These are atrophic scars. They occur when you lose skin tissue and your body can’t regenerate it, so you’re left with a depression. They often stem from a bad case of acne or chicken pox— or having an abnormal mole removed. ERASE THEM Getting rid of these dents depends on the atrophic mark you have. Ice pick scars, which are small, deep, and narrow, are typically treated by cutting them out. “There are vertical bands of scar tissue anchored to the bottom of the scar, connecting it to deeper parts of the skin,” says Dennis Gross, M.D., a dermatologist in New York City. Your doctor will numb the area, cut around and remove the scar, and close the incision with a single stitch. But here’s the catch: This procedure will leave a scar. “You’re trading an ice pick scar for a nice flat scar,” Dr. Gross says. You can also inject the scar with a filler, such as Juvéderm or Belotero Balance. “This will help fill the ‘pit,’ ” says plastic surgeon Sachin M. Shridharani, M.D., founder of Luxurgery in New York City. “But the filler will last for only six to 12 months.” Depending on how many scars you have, filler typically starts from RM2,000. Boxcar scars have steep, defined borders and a flat bottom. One treatment is subcision (From RM450 at Premiere Clinic) which involves popping the scarred skin back up with a needle so the area is no longer depressed. This costs around RM600-RM900), depending on the size, and you could have some bruising for about a week.
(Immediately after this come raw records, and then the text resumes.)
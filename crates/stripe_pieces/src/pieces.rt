// The pieces of a stripe: on the cyclone, and in the records.
ghost use Rattle.std.specs.Prelude.{◌≡◌, ◌*◌, ◌<◌, ◌≤◌, ◌^◌, [], IfOk, IfErr, OnOk, OnErr};
ghost use Rattle.cache_model.specs.Kept.{all_of};
ghost use Rattle.cache_model.specs.Legal.{format_records};
ghost use Rattle.cyclone.specs.Cyclone.{IsCyclone, seen_cyclone};
ghost use Rattle.logged_disk.specs.Device.{Affords};
ghost use Rattle.stripe_pieces.specs.Units.{records_of_unit};
ghost use Rattle.held_pieces.specs.This.{is_this};
ghost use Rattle.stripe_copies.specs.Format.{IsRefusedFormat};
ghost use Rattle.tape_base.specs.Place.{device_blocks_of};

use crate::records;
use cache_chronicle::Chronicle;
use cyclone::Cyclone;
use dir_table::Directory;
use logged_disk::Disk;
use std::alloc::{AllocError, Global};
use stripe_copies::FormatFault;
use tape_base::{Geometry, Key, PieceId, Steps};

// The records of a flush for each block of the buffer: the floor moves by two buffers at most, and of a
// piece there are two records at most.
const PER_BLOCK: usize = 4;

// The records of the next buffer, of a cut, of a place, and one more.
const RECORDS: usize = 4;

// Of each bucket three slots are for any chain of its segment. An entry displaces a tenth of these.
const CHAINED: usize = 3;

/// The pieces on a device, and the chronicle that tells of them.
#[derive(Drop)]
pub struct Pieces<D: Disk, R: Directory + Drop, C: Chronicle> {
    /// What stands on the device, in the buffer and in the directory.
    pub cyclone: Cyclone<D, R>,
    /// The records, and what they tell. Only functions of the module `records` push one.
    pub chronicle: C,
    // Of any chronicle: with it the type carries what `C` tells of itself, beside what the cyclone's
    // type carries.
    ghost told: { 0 ≤ C.room chronicle },
}

impl<D: Disk, R: Directory + Drop, C: Chronicle> Pieces<D, R, C> {
    ghost use Rattle.held_pieces.specs.Whereabouts.{live_place_of};
    ghost use Rattle.stripe_pieces.specs.Pieces.{ArePieces, kept_now, seen_now, state_now};
    ghost use Rattle.stripe_pieces.specs.Calls.{HasGrown, IsFormatted, OnlyGrows};

    /// Lays the device out, and begins a session on it. A refusal gives back the device and the
    /// chronicle.
    pub fn format(
        alloc: Global,
        disk: D,
        chronicle: C,
        g: Geometry,
    ) -> Result<Pieces<D, R, C>, (FormatFault, D, C)>
        requires sized { device_blocks_of g ≤ (D.state disk).size }
        requires empty { C.kept chronicle ≡ all_of [] }
        ensures formatted { IfOk result (IsFormatted g (D.state disk)) }
        ensures back { IfErr result (λ r.
            IsRefusedFormat g (D.state disk) (D.state r.1) r.0 × (C.kept r.2 ≡ all_of [])) }
    {
        let mut chronicle = chronicle;
        if let Err(e) = chronicle.reserve(2) {
            return Err((FormatFault::Memory(e), disk, chronicle));
        }
        match Cyclone::format(alloc, disk, g) {
            Ok(cyclone) => Ok(Pieces::begun(cyclone, chronicle)),
            Err((fault, disk)) => Err((fault, disk, chronicle)),
        }
    }

    fn begun(cyclone: Cyclone<D, R>, chronicle: C) -> Pieces<D, R, C>
        requires turns { IsCyclone cyclone }
        requires room { 2 ≤ C.room chronicle }
        requires empty { C.kept chronicle ≡ all_of [] }
        ensures same { result.cyclone ≡ cyclone }
        ensures records { C.kept result.chronicle
            ≡ all_of (format_records (seen_cyclone cyclone).geometry) }
    {
        let mut chronicle = chronicle;
        records::formatted(&mut chronicle, cyclone.geometry());
        Pieces { cyclone, chronicle }
    }

    /// Makes room for so many calls, each with its pieces and records, and on the device for at
    /// least so many flushes.
    pub fn prepare(&mut self, units: u32, flushes: u32) -> Result<(), AllocError>
        requires { ArePieces self.old }
        ensures keeps { OnlyGrows self.old self.new }
        ensures grown { OnOk result (HasGrown units flushes self.old self.new) }
        ensures none { OnErr result (Affords 0 0 (seen_now self.old).device
            (seen_now self.new).device) }
    {
        let g = self.cyclone.geometry();
        let entries = (g.agg as usize / 2 + 1) * units as usize;
        self.chronicle.reserve(records_of(g, units))?;
        self.cyclone.prepare(entries, flushes)
    }

    /// Gives the device and the chronicle back.
    pub fn into_parts(self) -> (D, C)
        ensures device { D.state result.0 ≡ (seen_now self).device }
        ensures records { C.kept result.1 ≡ kept_now self }
    {
        let Pieces { cyclone, chronicle } = self;
        (cyclone.into_disk(), chronicle)
    }

    pub fn chronicle(&self) -> &C
        ensures { C.kept result.now ≡ kept_now self.now }
    {
        &self.chronicle
    }

    /// The place of a live piece, by a walk over the places that its key may have. It reads no
    /// device.
    pub fn whereabouts(&self, id: PieceId) -> Option<u64>
        requires { ArePieces self.now }
        ensures { result ≡ live_place_of (state_now self.now) id }
    {
        let directory = self.cyclone.directory();
        let mut walk = directory.candidates(Key::of_piece(id));
        let mut steps = Steps::new();
        'walks: while let Some(place) = directory.step(&mut walk, &mut steps) {
            if is_this(self.chronicle.piece_at(place), id) {
                return Some(place);
            }
        }
        None
    }
}

/// How many records so many calls add at most.
pub fn records_of(g: &Geometry, units: u32) -> usize
    ensures count { result ≡ records_of_unit g.now * units }
    ensures few { result < 2 ^ 48 }
{
    let displaced = (CHAINED * g.buckets as usize + 9) / 10;
    (PER_BLOCK * g.agg as usize + RECORDS + displaced) * units as usize
}

fn is_this(found: Option<PieceId>, id: PieceId) -> bool
    ensures { result ≡ is_this found id }
{
    match found {
        Some(other) => other == id,
        None => false,
    }
}
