// The choice among the candidates.
ghost use Rattle.std.specs.Prelude.{◌≡◌, length};
ghost use Rattle.evacuator.specs.Choice.{CandidatesRise, IsChoice, blocks_of_all, kept_within};

use tape_base::PieceId;

/// A piece that is to be copied ahead, with its place and its blocks.
#[derive(Clone, Copy, Debug, PartialEq, Eq)]
pub struct Candidate {
    pub id: PieceId,
    pub place: u64,
    pub blocks: u32,
}

/// Walks the candidates in rising place, and marks in `kept` those that the budget of blocks keeps.
pub fn choose(candidates: &[Candidate], budget: u32, kept: &mut [bool])
    requires rising { CandidatesRise candidates.now }
    requires sized { length kept.old ≡ length candidates.now }
    ensures choice { IsChoice budget (blocks_of_all candidates.now) kept.new }
    ensures walk { kept.new ≡ kept_within budget (blocks_of_all candidates.now) }
{
    let mut left = budget;
    for (i, candidate) in candidates.iter().enumerate() {
        let fits = candidate.blocks <= left;
        kept[i] = fits;
        if fits {
            left -= candidate.blocks;
        }
    }
}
Another option: ablative lasers (meaning that they cause damage to the surfaceof skin) called CO or erbium, “which can give you great results,” Dr. Gross says. They both work by making holes in the scar tissue to induce new collagen formation. Most people need three treatments. Lasers can hurt, but a numbing cream takes the edge off. “And you’ll have some redness and crusting for up to 10 days if you had a CO treatment or up to seven in the case of erbium,” Dr. Madfes says.
The last atrophic scar, a rolling scar, is broad and craterlike with rolling edges. “CO or erbium lasers are often used when the scarring is severe, but if scarring is more superficial, fraxel or picosecond lasers can be effective,” Dr. Shridharani says. These nonablative lasers work by tightening skin and stimulating collagen growth. Since they don’t perforate the skin, you’ll just have some temporary redness, and they cost about the same as the CO and erbium.